Jun
18
IDENTITE NATIONALE : ENCORE HEUREUX QU’ILS NE L’AIENT PAS TRANSFORME EN ANATOLE ALGERIE

IDENTITE NATIONALE :  ENCORE HEUREUX QU’ILS NE L’AIENT PAS TRANSFORME EN ANATOLE ALGERIE

Son nom vrai de famille  était THIBAULT.

Il parait qu’Anatole FRANCE  - son nom en littérature -   était cette année  un auteur de sujet de l’épreuve de français du baccalauréat qu’on passe en 1ère.

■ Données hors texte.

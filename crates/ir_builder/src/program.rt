//! The program of a module.
ghost use Rattle.std.specs.Prelude.{◌≡◌, ℕ, IfOk};
ghost use Rattle.py_typed.specs.Statements.{typed_module};
ghost use Rattle.ir_core.specs.Runs.{Calm};
ghost use Rattle.ir_core.specs.Shape.{Shape};
ghost use Rattle.ir_builder_frames.specs.Placing.{NoEdges};
ghost use Rattle.ir_builder_statements.specs.Modules.{ModuleSuits};
ghost use Rattle.ir_builder.specs.Functions.{AllBuilt, IsBuiltOf};
ghost use Rattle.ir_builder.specs.Lines.{HasLines};
ghost use Rattle.ir_builder.specs.Meaning.{DoesAsModule, globals_of};

use crate::functions::{build_function, build_own};
use crate::registers::registers_for;
use ir_core::{Func, Program};
use py_typed::Checked;
use std::alloc::Global;
use value_core::{Many, Memory};

/// The intermediate code of a module. Each operation that may fail has the line of the expression or of the statement
/// whose own it is. Behind no operation that may fail stands a test of its result: `error_edges` puts such tests in. Want
/// of memory is the only other answer.
pub fn build(alloc: Global, checked: &Checked) -> Result<Program, Memory>
    requires { ModuleSuits (typed_module checked.now) }
    ensures means { IfOk result (DoesAsModule (typed_module checked.now)) }
    ensures calm { IfOk result Calm }
    ensures shape { IfOk result Shape }
    ensures edges { IfOk result (λ p. (fn : ℕ) → NoEdges p fn) }
    ensures lined { IfOk result (HasLines (typed_module checked.now)) }
    ensures globals { IfOk result (λ p. p.globals ≡ globals_of (typed_module checked.now)) }
{
    build_all(alloc, checked)
}

// The functions, the module's own code and the variables.
fn build_all(alloc: Global, checked: &Checked) -> Result<Program, Memory>
    requires { ModuleSuits (typed_module checked.now) }
    ensures { IfOk result (IsBuiltOf (typed_module checked.now)) }
{
    let mut funcs = build_functions(alloc, checked)?;
    let own = build_own(alloc, checked)?;
    funcs.push(own)?;
    let globals = registers_for(alloc, checked.globals.as_slice())?;
    Ok(Program {
        globals,
        classes: Many::new(alloc),
        funcs: Many::from_vec(funcs),
    })
}

// The code of each function.
fn build_functions(alloc: Global, checked: &Checked) -> Result<Vec<Func>, Memory>
    requires { ModuleSuits (typed_module checked.now) }
    ensures { IfOk result (λ made. AllBuilt (typed_module checked.now) (typed_module checked.now).funcs made.items) }
{
    let mut made = Vec::new(alloc);
    let functions = checked.funcs.as_slice();
    for f in functions {
        let one = build_function(alloc, checked, f)?;
        made.push(one)?;
    }
    Ok(made)
}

On a donc eu  aussi  les commentaires des cancres et des ignares, à qui on va cependant délivrer le baccalauréat,  expliquant qu’ils n’ont jamais entendu parler du poète, et que pour eux, Anatole France, c’est un arrêt de tramway.

C’est du même ordre, voyez vous, que cette vieille histoire de la Sorbonne, où quelqu’un avait écrit, en parlant du juriste CUJAS,  qu’il était un constructeur de bibliothèque.

On pourrait faire aussi avec ceux qui écriraient que PORTALIS était l’ architecte de la  Faculté de droit d’Aix en Provence.

On peut s’attendre dans le même registre à lire un jour  ou l’autre que JAUFFRET était un constructeur d’amphithéâtre, puisque son nom  d’immense juriste de droit commercial, lui qui fut mon maitre,  a effectivement  été donné  à l'un d'eux à  la Faculté de droit sur la Canebière.

Mais le pompon est absolument  à          Alger, au lendemain de l’indépendance,  en juillet 1962. 

Dans l'artère où était  le Tribunal de commerce, au Palais consulaire,  boulevard Anatole France, face à la mer, justement la France en face, qui  demeurait.

On l'a alors baptisé  boulevard Anatole Algérie.